WHAT IS EXPECTED: For the listing below, show each line that includes the string "items".

----- MATERIAL FOR THIS EXERCISE -----

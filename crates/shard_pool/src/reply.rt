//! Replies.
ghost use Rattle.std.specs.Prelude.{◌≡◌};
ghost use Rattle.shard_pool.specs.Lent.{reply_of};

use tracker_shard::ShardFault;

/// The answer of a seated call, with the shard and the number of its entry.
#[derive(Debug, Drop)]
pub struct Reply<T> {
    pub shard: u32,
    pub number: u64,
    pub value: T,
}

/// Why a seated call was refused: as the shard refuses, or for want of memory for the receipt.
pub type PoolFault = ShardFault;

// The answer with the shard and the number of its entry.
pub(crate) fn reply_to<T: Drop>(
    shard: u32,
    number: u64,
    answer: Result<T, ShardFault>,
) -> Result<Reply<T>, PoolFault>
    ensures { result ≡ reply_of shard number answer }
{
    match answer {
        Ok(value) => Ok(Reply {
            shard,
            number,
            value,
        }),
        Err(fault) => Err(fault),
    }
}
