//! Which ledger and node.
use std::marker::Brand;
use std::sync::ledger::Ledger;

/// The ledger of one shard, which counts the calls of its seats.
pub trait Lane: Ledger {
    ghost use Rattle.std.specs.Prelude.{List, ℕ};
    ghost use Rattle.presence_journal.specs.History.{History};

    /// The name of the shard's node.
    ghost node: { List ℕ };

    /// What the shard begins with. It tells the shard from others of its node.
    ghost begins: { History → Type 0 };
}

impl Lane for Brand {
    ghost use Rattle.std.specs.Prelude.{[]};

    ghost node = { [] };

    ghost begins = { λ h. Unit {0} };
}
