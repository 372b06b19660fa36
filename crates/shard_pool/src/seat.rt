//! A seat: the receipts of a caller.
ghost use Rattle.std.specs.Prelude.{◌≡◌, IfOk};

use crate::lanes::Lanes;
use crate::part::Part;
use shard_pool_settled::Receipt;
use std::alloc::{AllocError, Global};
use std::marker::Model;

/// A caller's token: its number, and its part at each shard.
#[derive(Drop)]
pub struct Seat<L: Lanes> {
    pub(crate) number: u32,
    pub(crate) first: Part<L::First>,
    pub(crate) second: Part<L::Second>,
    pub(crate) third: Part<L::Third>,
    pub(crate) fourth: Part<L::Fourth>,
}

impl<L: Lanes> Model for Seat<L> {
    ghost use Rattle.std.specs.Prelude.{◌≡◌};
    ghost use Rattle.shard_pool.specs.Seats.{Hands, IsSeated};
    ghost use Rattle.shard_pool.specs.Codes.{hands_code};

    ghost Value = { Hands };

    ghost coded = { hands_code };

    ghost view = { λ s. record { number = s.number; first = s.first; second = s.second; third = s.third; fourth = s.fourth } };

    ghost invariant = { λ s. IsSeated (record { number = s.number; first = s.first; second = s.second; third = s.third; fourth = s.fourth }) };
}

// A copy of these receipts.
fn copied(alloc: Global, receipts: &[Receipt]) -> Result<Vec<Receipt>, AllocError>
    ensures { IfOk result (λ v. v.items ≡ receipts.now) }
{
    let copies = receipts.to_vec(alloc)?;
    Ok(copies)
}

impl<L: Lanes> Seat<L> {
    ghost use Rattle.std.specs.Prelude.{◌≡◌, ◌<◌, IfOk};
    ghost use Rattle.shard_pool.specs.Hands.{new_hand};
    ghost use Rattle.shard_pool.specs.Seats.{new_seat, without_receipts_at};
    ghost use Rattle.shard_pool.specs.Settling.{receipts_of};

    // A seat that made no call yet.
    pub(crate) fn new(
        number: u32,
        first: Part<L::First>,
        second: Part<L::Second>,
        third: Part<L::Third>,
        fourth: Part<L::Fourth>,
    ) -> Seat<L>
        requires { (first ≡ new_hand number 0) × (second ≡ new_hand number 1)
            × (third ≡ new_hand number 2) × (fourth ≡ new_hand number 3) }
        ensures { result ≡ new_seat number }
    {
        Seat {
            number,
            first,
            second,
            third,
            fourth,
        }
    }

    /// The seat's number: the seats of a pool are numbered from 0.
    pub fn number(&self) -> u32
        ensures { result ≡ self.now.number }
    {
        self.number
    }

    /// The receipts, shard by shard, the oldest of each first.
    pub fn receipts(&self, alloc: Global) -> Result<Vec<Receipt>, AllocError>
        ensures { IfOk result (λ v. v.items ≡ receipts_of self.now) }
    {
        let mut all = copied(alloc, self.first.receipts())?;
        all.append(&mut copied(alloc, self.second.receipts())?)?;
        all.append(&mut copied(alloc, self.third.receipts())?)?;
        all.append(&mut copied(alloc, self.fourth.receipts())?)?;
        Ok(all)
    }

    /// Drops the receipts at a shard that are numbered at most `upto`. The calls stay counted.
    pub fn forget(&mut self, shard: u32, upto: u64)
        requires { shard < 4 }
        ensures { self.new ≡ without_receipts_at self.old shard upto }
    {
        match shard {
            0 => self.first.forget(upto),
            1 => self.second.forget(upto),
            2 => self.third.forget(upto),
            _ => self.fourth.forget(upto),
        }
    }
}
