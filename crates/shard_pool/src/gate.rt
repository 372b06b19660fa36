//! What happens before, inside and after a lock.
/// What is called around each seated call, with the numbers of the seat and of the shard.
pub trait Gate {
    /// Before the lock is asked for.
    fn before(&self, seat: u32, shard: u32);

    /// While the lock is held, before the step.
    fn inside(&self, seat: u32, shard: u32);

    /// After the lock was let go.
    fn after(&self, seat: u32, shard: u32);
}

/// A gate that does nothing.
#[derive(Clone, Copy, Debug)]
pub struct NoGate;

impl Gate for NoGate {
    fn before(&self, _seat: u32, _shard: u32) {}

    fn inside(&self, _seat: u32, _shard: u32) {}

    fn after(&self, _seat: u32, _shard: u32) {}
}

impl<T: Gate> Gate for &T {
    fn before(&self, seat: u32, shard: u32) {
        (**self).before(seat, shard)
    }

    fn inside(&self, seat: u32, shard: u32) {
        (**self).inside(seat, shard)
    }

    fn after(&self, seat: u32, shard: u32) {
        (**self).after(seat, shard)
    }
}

-----

TASK SOLUTION:
    ensures { IfOk result (λ v. v.items ≡ receipts.now) }
        ensures { IfOk result (λ v. v.items ≡ receipts_of self.now) }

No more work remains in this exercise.